Extracted records START

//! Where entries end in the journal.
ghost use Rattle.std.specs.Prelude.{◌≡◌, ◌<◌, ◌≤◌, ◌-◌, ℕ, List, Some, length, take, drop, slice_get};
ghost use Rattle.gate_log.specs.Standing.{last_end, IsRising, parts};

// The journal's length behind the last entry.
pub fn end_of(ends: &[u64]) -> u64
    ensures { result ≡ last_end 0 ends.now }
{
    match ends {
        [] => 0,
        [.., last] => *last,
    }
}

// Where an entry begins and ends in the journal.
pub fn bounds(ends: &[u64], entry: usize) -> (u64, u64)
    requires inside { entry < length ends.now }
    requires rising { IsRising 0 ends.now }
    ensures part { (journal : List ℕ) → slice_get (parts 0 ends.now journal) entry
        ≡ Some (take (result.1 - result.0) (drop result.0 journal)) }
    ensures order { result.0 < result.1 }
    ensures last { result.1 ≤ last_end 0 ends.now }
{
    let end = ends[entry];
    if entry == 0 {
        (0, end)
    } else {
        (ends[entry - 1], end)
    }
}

Extracted records END

Work request
Retype the listing above exactly as it appears.

Exercise solution
//! Where entries end in the journal.
ghost use Rattle.std.specs.Prelude.{◌≡◌, ◌<◌, ◌≤◌, ◌-◌, ℕ, List, Some, length, take, drop, slice_get};
ghost use Rattle.gate_log.specs.Standing.{last_end, IsRising, parts};

// The journal's length behind the last entry.
pub fn end_of(ends: &[u64]) -> u64
    ensures { result ≡ last_end 0 ends.now }
{
    match ends {
        [] => 0,
        [.., last] => *last,
    }
}

// Where an entry begins and ends in the journal.
pub fn bounds(ends: &[u64], entry: usize) -> (u64, u64)
    requires inside { entry < length ends.now }
    requires rising { IsRising 0 ends.now }
    ensures part { (journal : List ℕ) → slice_get (parts 0 ends.now journal) entry
        ≡ Some (take (result.1 - result.0) (drop result.0 journal)) }
    ensures order { result.0 < result.1 }
    ensures last { result.1 ≤ last_end 0 ends.now }
{
    let end = ends[entry];
    if entry == 0 {
        (0, end)
    } else {
        (ends[entry - 1], end)
    }
}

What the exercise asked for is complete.